WHAT IS NEEDED. Lines of the records that hold the word "GuardFault" are to be counted; give the number and nothing more.

PROVIDED ENTRIES: Begin

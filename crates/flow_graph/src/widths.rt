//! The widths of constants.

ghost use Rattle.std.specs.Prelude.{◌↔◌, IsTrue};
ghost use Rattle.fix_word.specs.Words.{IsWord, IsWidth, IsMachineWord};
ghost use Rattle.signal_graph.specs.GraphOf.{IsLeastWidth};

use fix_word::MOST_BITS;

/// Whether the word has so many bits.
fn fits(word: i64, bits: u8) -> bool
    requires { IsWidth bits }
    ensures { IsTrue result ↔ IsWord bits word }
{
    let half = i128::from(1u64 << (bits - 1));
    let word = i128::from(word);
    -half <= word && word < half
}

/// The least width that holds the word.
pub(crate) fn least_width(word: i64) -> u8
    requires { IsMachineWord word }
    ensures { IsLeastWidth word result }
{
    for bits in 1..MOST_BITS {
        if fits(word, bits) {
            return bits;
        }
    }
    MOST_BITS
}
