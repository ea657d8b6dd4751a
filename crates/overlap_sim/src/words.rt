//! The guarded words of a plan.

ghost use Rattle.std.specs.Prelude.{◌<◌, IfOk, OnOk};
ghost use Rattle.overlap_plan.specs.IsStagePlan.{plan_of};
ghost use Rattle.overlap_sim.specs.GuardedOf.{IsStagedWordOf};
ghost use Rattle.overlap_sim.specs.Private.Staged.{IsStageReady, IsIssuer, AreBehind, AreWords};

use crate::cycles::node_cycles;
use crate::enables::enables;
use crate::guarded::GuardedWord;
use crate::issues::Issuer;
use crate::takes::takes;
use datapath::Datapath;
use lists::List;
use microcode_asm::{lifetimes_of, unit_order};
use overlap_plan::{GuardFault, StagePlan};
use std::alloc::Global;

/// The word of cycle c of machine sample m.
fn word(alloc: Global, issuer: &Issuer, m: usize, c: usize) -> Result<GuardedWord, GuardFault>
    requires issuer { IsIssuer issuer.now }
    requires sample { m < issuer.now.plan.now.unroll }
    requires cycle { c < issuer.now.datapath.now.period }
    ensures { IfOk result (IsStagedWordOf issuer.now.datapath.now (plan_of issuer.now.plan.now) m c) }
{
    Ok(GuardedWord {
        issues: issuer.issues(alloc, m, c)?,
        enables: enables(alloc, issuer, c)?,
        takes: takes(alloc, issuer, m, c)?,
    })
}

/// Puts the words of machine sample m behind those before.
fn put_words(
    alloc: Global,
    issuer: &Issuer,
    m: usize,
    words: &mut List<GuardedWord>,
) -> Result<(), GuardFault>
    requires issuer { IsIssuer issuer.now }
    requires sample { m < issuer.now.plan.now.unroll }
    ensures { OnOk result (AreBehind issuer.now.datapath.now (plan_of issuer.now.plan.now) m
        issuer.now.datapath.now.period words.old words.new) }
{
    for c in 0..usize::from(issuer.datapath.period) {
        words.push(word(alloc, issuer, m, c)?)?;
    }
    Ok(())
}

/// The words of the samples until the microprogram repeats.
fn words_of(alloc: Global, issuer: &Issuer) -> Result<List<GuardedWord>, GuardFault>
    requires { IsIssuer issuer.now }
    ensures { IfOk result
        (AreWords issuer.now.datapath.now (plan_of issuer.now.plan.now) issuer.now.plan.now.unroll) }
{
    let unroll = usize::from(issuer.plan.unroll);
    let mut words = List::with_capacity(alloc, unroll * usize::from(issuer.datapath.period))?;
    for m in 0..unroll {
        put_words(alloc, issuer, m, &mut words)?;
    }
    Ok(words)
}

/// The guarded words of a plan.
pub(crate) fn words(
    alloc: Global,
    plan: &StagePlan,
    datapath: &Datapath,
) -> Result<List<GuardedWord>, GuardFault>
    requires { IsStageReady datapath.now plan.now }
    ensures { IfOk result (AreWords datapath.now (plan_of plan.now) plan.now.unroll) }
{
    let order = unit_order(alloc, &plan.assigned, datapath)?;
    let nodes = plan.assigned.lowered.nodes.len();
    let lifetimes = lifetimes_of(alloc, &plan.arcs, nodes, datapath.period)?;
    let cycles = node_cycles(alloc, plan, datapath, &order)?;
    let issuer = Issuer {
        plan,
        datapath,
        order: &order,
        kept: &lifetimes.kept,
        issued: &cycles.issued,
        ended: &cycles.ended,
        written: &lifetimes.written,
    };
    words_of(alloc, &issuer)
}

PROVIDED ENTRIES: End

REPLY TO THE EXERCISE. 5